» WHAT YOU HAVE TO DO
Lines in the listing below that contain the string "kept" are to be found and copied.
[Opening WORKING DATA section]
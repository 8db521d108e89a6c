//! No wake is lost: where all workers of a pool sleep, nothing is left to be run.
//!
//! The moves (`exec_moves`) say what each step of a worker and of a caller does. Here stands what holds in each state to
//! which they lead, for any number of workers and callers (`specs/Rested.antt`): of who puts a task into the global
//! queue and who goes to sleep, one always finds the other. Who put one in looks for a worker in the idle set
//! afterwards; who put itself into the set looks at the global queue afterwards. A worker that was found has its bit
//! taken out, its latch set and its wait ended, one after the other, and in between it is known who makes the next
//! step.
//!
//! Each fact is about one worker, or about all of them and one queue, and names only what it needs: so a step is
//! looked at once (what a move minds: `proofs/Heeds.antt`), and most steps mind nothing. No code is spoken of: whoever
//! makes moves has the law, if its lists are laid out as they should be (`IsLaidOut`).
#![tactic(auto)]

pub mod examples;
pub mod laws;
[Closing WORKING DATA section]
[Opening WORKING DATA section]
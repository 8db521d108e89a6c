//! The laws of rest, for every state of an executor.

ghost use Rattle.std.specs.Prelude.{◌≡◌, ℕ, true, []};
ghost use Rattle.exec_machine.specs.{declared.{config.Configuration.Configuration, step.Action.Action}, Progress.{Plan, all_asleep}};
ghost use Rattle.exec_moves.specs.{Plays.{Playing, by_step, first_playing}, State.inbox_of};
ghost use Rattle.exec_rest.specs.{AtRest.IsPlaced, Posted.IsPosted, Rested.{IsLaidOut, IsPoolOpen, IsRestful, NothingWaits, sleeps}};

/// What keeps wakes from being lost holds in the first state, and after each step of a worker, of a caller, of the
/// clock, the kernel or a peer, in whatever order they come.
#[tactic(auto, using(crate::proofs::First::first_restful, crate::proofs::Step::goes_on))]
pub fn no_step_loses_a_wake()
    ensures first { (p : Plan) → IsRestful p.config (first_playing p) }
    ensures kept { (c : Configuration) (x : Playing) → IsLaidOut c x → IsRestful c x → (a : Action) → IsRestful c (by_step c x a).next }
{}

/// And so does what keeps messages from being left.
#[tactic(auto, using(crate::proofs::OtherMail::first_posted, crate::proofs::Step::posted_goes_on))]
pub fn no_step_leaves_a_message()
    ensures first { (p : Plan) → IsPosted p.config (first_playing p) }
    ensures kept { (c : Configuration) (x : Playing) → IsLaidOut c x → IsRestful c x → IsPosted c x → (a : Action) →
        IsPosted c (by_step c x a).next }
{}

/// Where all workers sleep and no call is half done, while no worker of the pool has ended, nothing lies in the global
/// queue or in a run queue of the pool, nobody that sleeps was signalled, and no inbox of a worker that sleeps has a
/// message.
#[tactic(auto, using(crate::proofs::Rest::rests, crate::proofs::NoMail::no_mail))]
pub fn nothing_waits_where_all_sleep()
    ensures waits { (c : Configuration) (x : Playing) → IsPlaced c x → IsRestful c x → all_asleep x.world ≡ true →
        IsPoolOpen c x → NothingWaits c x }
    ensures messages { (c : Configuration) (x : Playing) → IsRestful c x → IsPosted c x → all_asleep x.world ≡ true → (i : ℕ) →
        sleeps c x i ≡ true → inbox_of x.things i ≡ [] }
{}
[Closing WORKING DATA section]
» SOLUTION TO THE EXERCISE
    ensures kept { (c : Configuration) (x : Playing) → IsLaidOut c x → IsRestful c x → (a : Action) → IsRestful c (by_step c x a).next }
    ensures kept { (c : Configuration) (x : Playing) → IsLaidOut c x → IsRestful c x → IsPosted c x → (a : Action) →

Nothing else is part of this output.